The cover-up of Fast and Furious is unraveling at breakneck speed. As a result of the ongoing investigation by Rep. Darrell Issa, Chairman of the House Oversight Committee, the LA Times and Townhall.com are both reporting Mexico has been kept in the dark about the deadly fallout of the botched operation.

While information about the mounting carnage trickles out, a black cloud has descended over the White House, the DOJ and American-Mexican relations.

From Townhall.com:

"I would be remiss if I didn't mention, as the Attorney General in Mexico is so concerned, she's made the point that at least 200 Mexicans have been killed with these weapons and probably countless more," Issa said. [snip]

This is not surprising, considering out of 2500 weapons the Obama Justice Department allowed to "walk," and that only 600 have been recovered, the rest are lost until they show up at violent crime scenes.

The LA Times:

Marisela Morales, Mexico's attorney general and a longtime favorite of American law enforcement agents in Mexico, told The LA Times that she first learned about Fast and Furious from news reports. And to this day, she said, U.S. officials have not briefed her on the operation gone awry, nor have they apologized.

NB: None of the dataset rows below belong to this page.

//! Terms whose children are ids.
ghost use Rattle.std.specs.Prelude.{◌≡◌, ◌<◌, ◌↔◌, IsTrue, nat_eq, length};
ghost use Rattle.std.proofs.Common.{rules};
ghost use Rattle.std.specs.Cmp.Rules.{hashing};
ghost use Rattle.std.specs.Hash as fed;
ghost use Rattle.std.specs.Cmp.Lexicographic.{pointwise, nat_list_eq_equiv};
ghost use Rattle.std.specs.Cmp.{partial_equiv_from_equiv};

use crate::name::Name;
use std::alloc::AllocError;
use std::hash::{Hash, Hasher};
use std::marker::Model;

/// How many distinct subterms a goal, and the assertions in force, may have at most.
pub const SUBTERMS: usize = 1_048_576;

/// The number of a term in a store. It means a term only together with that store, or one that has the same trees.
#[derive(Clone, Copy, Debug, PartialEq, Eq, Hash)]
pub struct TermId {
    number: u32,
}

impl Model for TermId {
    ghost use Rattle.std.specs.Prelude.{ℕ};

    ghost Value = { ℕ };

    ghost view = { λ t. t.number };

    ghost inverse = { λ n. record { number = n } };
}

impl TermId {
    /// The id of this number.
    pub(crate) fn new(number: u32) -> TermId
        ensures { result ≡ number }
    {
        TermId { number }
    }

    /// Whether it is the id of one of the first `count` terms.
    pub fn is_below(self, count: usize) -> bool
        ensures { IsTrue result ↔ (self < count) }
    {
        (self.number as usize) < count
    }

    /// The number of the id, which is the place of its tree in the list that contracts see.
    pub fn index(self) -> usize
        ensures { result ≡ self }
    {
        self.number as usize
    }
}

/// A list of ids, which contracts see as one.
#[derive(Debug, Drop)]
pub struct TermIds {
    ids: Vec<TermId>,
}

impl Model for TermIds {
    ghost use Rattle.std.specs.Prelude.{List, ℕ};

    ghost Value = { List ℕ };

    ghost view = { λ t. t.ids.items };
}

impl TermIds {
    /// The list with these ids. It takes no memory.
    pub fn from_vec(ids: Vec<TermId>) -> TermIds
        ensures { result ≡ ids.items }
    {
        TermIds { ids }
    }

    /// The ids as a vector. It takes no memory.
    pub fn into_vec(self) -> Vec<TermId>
        ensures { result.items ≡ self }
    {
        self.ids
    }

    /// The ids in order.
    pub fn as_slice(&self) -> &[TermId]
        ensures { result.now ≡ self.now }
    {
        self.ids.as_slice()
    }

    /// How many ids there are.
    pub fn len(&self) -> usize
        ensures { result ≡ length self.now }
    {
        self.ids.len()
    }

    /// Whether there is no id.
    pub fn is_empty(&self) -> bool
        ensures { IsTrue result ↔ (length self.now ≡ 0) }
    {
        self.ids.is_empty()
    }
}

impl PartialEq for TermIds {
    ghost eq = { pointwise nat_eq };

    ghost laws = { partial_equiv_from_equiv nat_list_eq_equiv };

    fn eq(&self, other: &TermIds) -> bool {
        self.ids.as_slice() == other.ids.as_slice()
    }
}

impl Clone for TermIds {
    ghost is_clone = { λ t c. c ≡ t };

    fn clone(&self) -> Result<TermIds, AllocError> {
        Ok(TermIds {
            ids: self.ids.clone()?,
        })
    }
}

impl Eq for TermIds {
    ghost laws = { nat_list_eq_equiv };
}

impl Hash for TermIds {
    ghost hash_input = { fed.slice fed.u32 };

    ghost respects_eq = { Prim.search (hashing, rules) };

    fn hash<H: Hasher>(&self, state: &mut H) {
        self.ids.as_slice().hash(state);
    }
}

/// A term: a constant, a name, or an operator over children that are terms of one store.
#[derive(Debug, Clone, PartialEq, Eq, Hash, Drop)]
pub enum Term {
    /// The formula that is true.
    True,
    /// The formula that is false.
    False,
    /// The value of a name, of the name's sort.
    Var(Name),
    /// An integer.
    Num(i128),
    /// The sum of Int terms, which is 0 where there are none.
    Sum(TermIds),
    /// The product of an integer and an Int term.
    Scale(i128, TermId),
    /// The first Int term is at most the second.
    Le(TermId, TermId),
    /// The two Int terms are equal.
    Eq(TermId, TermId),
    /// The two formulas are both true or both false.
    Iff(TermId, TermId),
    /// The formula is false.
    Not(TermId),
    /// All of the formulas are true, which holds where there are none.
    And(TermIds),
    /// One of the formulas is true, which doesn't hold where there are none.
    Or(TermIds),
    /// The second term where the formula that comes first is true, and else the third one, which has the same sort.
    Ite(TermId, TermId, TermId),
}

"At no time did we know or were we made aware that there might have been arms trafficking permitted," Morales, Mexico's highest-ranking law enforcement official, said in a recent interview. "In no way would we have allowed it, because it is an attack on the safety of Mexicans."

In another high profile case, guns from F and F were also used in a cartel killing of a Mexican prosecutor's (Patricia Gonzales) brother last fall.

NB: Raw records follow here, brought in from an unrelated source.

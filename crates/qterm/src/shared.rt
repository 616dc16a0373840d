//! The parts that a store shares with others, one after the other.
ghost use Rattle.std.specs.Prelude.{◌≡◌, ◌<◌, ◌^◌, ◌*◌, ◌+◌, ◌++◌, [], length, slice_index, slice_get, Some, IfOk, OnOk, MatchOption};
ghost use Rattle.qterm.specs.Place.{IsAt, IsAbsent, joined, AreDistinct};

use crate::part::{Node, Part};
use indexmap::IndexSet;
use std::alloc::{AllocError, Global};
use std::marker::Model;
use std::mem;

/// The nodes of shared parts, which contracts see as one list.
#[derive(Drop)]
pub(crate) struct Shared {
    parts: Vec<Part>,
    count: usize,
}

impl Model for Shared {
    ghost use Rattle.std.specs.Prelude.{◌≡◌, List, length};
    ghost use Rattle.qterm.specs.declared.part.Node.{Node};
    ghost use Rattle.qterm.specs.Place.{joined};

    ghost Value = { List Node };

    ghost view = { λ s. joined s.parts.items };

    ghost invariant = { λ s. s.count ≡ length (joined s.parts.items) };
}

/// From this many parts on, neighbours are merged by size.
const MANY: usize = 16;

impl Shared {
    /// No nodes, which takes no memory.
    pub(crate) fn new(alloc: Global) -> Shared
        ensures { result ≡ [] }
    {
        Shared {
            parts: Vec::new(alloc),
            count: 0,
        }
    }

    /// How many nodes there are.
    pub(crate) fn len(&self) -> usize
        ensures { result ≡ length self.now }
    {
        self.count
    }

    /// The node at a place.
    pub(crate) fn node(&self, at: usize) -> &Node
        requires within { at < length self.now }
        ensures { Some result.now ≡ slice_get self.now at }
    {
        node_in(self.parts.as_slice(), at)
    }

    /// The place of a node.
    pub(crate) fn find(&self, node: &Node) -> Option<usize>
        requires small { length self.now < 2 ^ 32 }
        ensures { MatchOption result (IsAbsent self.now node.now) (λ at. IsAt self.now node.now at) }
    {
        find_in(self.parts.as_slice(), node)
    }

    /// The same parts, which both share from here on.
    pub(crate) fn share(&self) -> Result<Shared, AllocError>
        ensures { IfOk result (λ s. s ≡ self.now) }
    {
        Ok(Shared {
            parts: self.parts.clone()?,
            count: self.count,
        })
    }

    /// Makes a part of these nodes, which leaves none.
    ///
    /// Where there are many parts, it takes those that aren't much longer into that part first. So the number of parts
    /// stays below fifty, and a node is copied a number of times that is in proportion to the logarithm of the number of nodes.
    pub(crate) fn freeze(&mut self, own: &mut IndexSet<Node>) -> Result<(), AllocError>
        requires distinct { AreDistinct (self.old ++ own.old.keys) }
        requires small { length (self.old ++ own.old.keys) < 2 ^ 32 }
        ensures same { self.new ++ own.new.keys ≡ self.old ++ own.old.keys }
        ensures all { OnOk result (own.new.keys ≡ []) }
    {
        if own.is_empty() {
            return Ok(());
        }
        self.merge(own)?;
        self.push(own)
    }

    /// Takes parts that aren't much longer than these nodes into them.
    fn merge(&mut self, own: &mut IndexSet<Node>) -> Result<(), AllocError>
        requires distinct { AreDistinct (self.old ++ own.old.keys) }
        requires small { length (self.old ++ own.old.keys) < 2 ^ 32 }
        ensures same { self.new ++ own.new.keys ≡ self.old ++ own.old.keys }
    {
        if self.parts.len() < MANY {
            return Ok(());
        }
        for _ in 0..self.parts.len() {
            if self.last_len() > 2 * own.len() {
                break;
            }
            self.take_last(own)?;
        }
        Ok(())
    }

    /// How many nodes the last part has.
    fn last_len(&self) -> usize {
        match self.parts.as_slice().last() {
            Some(last) => last.nodes().len(),
            None => 0,
        }
    }

    /// Takes the last part into these nodes.
    fn take_last(&mut self, own: &mut IndexSet<Node>) -> Result<(), AllocError>
        requires distinct { AreDistinct (self.old ++ own.old.keys) }
        ensures same { self.new ++ own.new.keys ≡ self.old ++ own.old.keys }
    {
        if let Some(last) = self.parts.as_slice().last() {
            let count = last.nodes().len();
            let mut nodes = last.copied()?;
            nodes.append(own)?;
            self.parts.pop();
            self.count -= count;
            *own = nodes;
        }
        Ok(())
    }

    /// Makes a part of these nodes, which leaves none.
    fn push(&mut self, own: &mut IndexSet<Node>) -> Result<(), AllocError>
        requires small { length (self.old ++ own.old.keys) < 2 ^ 32 }
        ensures same { self.new ++ own.new.keys ≡ self.old ++ own.old.keys }
        ensures all { OnOk result (own.new.keys ≡ []) }
    {
        self.parts.reserve(1)?;
        let count = own.len();
        let alloc = *own.allocator();
        let nodes = mem::replace(own, IndexSet::new(alloc));
        match Part::new(nodes) {
            Ok(part) => {
                self.parts.push(part)?;
                self.count += count;
                Ok(())
            }
            Err(failed) => {
                *own = failed.value;
                Err(AllocError)
            }
        }
    }
}

/// The node at a place of the parts.
fn node_in(parts: &[Part], at: usize) -> &Node
    requires within { at < length (joined parts.now) }
    ensures { Some result.now ≡ slice_get (joined parts.now) at }
{
    let mut left = at;
    for part in parts {
        let nodes = part.nodes();
        if left < nodes.len() {
            return &nodes[left];
        }
        left -= nodes.len();
    }
    unreachable!()
}

/// The place of a node in the parts.
fn find_in(parts: &[Part], node: &Node) -> Option<usize>
    requires small { length (joined parts.now) < 2 ^ 32 }
    ensures { MatchOption result (IsAbsent (joined parts.now) node.now) (λ at. IsAt (joined parts.now) node.now at) }
{
    let mut before = 0;
    for part in parts {
        if let Some(at) = part.find(node) {
            return Some(before + at);
        }
        before += part.nodes().len();
    }
    None
}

"The basic ineptitude of these officials [who ordered the Fast and Furious operation] caused the death of my brother and surely thousands more victims," Gonzalez said. [snip]

But American authorities concealed one disturbing fact about the case from their Mexican counterparts: U.S. federal agents had allowed AK-47 assault rifles later found in the killers' arsenal to be smuggled across the border under the notorious Fast and Furious gun-trafficking program. [snip]

U.S. officials also kept mum as other weapons linked to Fast and Furious turned up at dozens of additional Mexican crime scenes, with an unconfirmed toll of at least 150 people killed or wounded.

With the evidence of reckless endangerment of both Americans and Mexicans piling up, at what point will Congress take the gloves off and turn up the heat?